* _Try it_:
Please repeat exactly the lines below from the one containing "pub const WRITTEN: u64 = 9;" down to the one containing "drop(content);", both included, and nothing else.

* _Source data_:

- Opening Delimiter -

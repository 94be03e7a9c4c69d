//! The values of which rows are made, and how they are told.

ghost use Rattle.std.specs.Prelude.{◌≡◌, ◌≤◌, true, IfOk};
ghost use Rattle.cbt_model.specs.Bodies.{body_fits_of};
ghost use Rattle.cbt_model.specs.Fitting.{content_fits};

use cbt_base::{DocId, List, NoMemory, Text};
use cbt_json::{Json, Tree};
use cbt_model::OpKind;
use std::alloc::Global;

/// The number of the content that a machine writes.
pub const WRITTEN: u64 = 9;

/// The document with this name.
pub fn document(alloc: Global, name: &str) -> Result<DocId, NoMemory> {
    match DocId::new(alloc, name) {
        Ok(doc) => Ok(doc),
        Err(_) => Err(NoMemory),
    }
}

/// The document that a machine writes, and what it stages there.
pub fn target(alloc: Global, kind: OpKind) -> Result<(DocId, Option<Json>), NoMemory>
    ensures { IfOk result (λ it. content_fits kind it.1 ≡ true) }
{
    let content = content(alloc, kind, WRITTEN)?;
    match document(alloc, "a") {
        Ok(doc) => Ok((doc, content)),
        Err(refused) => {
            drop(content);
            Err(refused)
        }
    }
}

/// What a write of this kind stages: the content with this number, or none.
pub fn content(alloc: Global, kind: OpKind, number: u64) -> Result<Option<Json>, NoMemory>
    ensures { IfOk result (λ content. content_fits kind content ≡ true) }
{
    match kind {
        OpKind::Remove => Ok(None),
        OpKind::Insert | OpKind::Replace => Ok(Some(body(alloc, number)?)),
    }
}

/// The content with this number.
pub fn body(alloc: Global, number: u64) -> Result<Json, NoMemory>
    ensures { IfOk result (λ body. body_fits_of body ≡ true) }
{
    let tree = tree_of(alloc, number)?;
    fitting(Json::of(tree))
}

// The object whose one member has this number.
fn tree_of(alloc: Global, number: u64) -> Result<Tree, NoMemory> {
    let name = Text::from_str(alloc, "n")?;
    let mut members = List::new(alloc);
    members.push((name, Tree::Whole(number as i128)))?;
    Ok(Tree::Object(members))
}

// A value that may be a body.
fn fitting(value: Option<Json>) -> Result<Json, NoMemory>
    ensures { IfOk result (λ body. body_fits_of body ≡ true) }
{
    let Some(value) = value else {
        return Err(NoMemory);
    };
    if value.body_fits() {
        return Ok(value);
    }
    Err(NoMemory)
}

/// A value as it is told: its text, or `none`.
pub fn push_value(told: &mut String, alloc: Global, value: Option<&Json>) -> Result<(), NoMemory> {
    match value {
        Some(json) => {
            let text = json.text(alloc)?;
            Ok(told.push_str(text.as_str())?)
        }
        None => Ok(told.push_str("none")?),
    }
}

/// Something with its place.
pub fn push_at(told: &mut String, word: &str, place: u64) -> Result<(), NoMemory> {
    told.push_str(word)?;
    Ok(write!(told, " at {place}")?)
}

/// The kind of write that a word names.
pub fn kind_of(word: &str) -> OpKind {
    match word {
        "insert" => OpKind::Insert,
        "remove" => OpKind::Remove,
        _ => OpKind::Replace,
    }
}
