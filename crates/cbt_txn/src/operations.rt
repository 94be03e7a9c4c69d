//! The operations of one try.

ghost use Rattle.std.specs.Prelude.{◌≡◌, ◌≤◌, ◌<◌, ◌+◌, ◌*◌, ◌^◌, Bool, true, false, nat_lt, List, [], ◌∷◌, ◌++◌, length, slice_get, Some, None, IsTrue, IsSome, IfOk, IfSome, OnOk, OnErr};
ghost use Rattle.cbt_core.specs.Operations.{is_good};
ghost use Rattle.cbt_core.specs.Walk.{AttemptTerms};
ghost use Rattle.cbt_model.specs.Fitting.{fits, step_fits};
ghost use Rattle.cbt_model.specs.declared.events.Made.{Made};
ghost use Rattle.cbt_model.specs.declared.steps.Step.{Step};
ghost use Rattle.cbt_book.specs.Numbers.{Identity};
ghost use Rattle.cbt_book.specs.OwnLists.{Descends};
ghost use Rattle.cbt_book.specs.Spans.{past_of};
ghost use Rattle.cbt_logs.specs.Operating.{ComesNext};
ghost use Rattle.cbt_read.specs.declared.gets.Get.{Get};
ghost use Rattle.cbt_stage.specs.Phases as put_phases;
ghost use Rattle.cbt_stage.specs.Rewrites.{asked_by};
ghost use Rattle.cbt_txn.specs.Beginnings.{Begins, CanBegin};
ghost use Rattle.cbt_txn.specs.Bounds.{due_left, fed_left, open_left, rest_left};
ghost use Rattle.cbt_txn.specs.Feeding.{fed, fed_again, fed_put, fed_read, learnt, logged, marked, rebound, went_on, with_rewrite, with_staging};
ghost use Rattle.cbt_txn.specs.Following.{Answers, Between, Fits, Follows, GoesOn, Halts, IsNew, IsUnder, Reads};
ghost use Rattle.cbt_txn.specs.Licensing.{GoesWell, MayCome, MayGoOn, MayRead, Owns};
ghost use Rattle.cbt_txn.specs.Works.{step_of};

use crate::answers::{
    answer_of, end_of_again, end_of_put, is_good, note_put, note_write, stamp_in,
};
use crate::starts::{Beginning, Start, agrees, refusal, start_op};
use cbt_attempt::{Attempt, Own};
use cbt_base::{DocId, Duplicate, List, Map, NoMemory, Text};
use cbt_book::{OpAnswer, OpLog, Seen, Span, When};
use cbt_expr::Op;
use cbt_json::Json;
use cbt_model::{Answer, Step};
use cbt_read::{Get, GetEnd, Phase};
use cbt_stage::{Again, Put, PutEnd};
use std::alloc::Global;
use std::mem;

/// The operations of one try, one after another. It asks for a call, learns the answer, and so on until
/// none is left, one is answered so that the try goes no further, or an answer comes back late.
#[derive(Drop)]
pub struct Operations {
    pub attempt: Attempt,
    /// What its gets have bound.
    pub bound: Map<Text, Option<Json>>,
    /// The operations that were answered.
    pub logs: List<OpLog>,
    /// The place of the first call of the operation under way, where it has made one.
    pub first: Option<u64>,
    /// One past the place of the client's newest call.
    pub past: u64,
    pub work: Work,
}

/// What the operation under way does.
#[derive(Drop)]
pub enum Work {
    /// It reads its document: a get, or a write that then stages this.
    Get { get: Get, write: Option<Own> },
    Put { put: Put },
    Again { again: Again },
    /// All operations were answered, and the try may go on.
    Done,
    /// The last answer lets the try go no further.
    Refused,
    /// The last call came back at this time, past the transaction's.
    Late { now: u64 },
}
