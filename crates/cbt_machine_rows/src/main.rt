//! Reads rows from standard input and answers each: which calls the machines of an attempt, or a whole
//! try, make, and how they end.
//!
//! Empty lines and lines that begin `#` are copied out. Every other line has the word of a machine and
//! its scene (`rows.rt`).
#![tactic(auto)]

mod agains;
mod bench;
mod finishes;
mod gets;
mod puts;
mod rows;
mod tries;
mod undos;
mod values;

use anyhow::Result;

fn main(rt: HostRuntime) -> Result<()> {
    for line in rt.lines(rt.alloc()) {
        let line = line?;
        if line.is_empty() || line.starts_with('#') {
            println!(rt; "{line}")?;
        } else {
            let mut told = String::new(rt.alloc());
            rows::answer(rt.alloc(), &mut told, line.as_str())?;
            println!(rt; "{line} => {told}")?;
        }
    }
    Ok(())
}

- Closing Delimiter -

* _Task response_:
pub const WRITTEN: u64 = 9;

/// The document with this name.
pub fn document(alloc: Global, name: &str) -> Result<DocId, NoMemory> {
    match DocId::new(alloc, name) {
        Ok(doc) => Ok(doc),
        Err(_) => Err(NoMemory),
    }
}

/// The document that a machine writes, and what it stages there.
pub fn target(alloc: Global, kind: OpKind) -> Result<(DocId, Option<Json>), NoMemory>
    ensures { IfOk result (λ it. content_fits kind it.1 ≡ true) }
{
    let content = content(alloc, kind, WRITTEN)?;
    match document(alloc, "a") {
        Ok(doc) => Ok((doc, content)),
        Err(refused) => {
            drop(content);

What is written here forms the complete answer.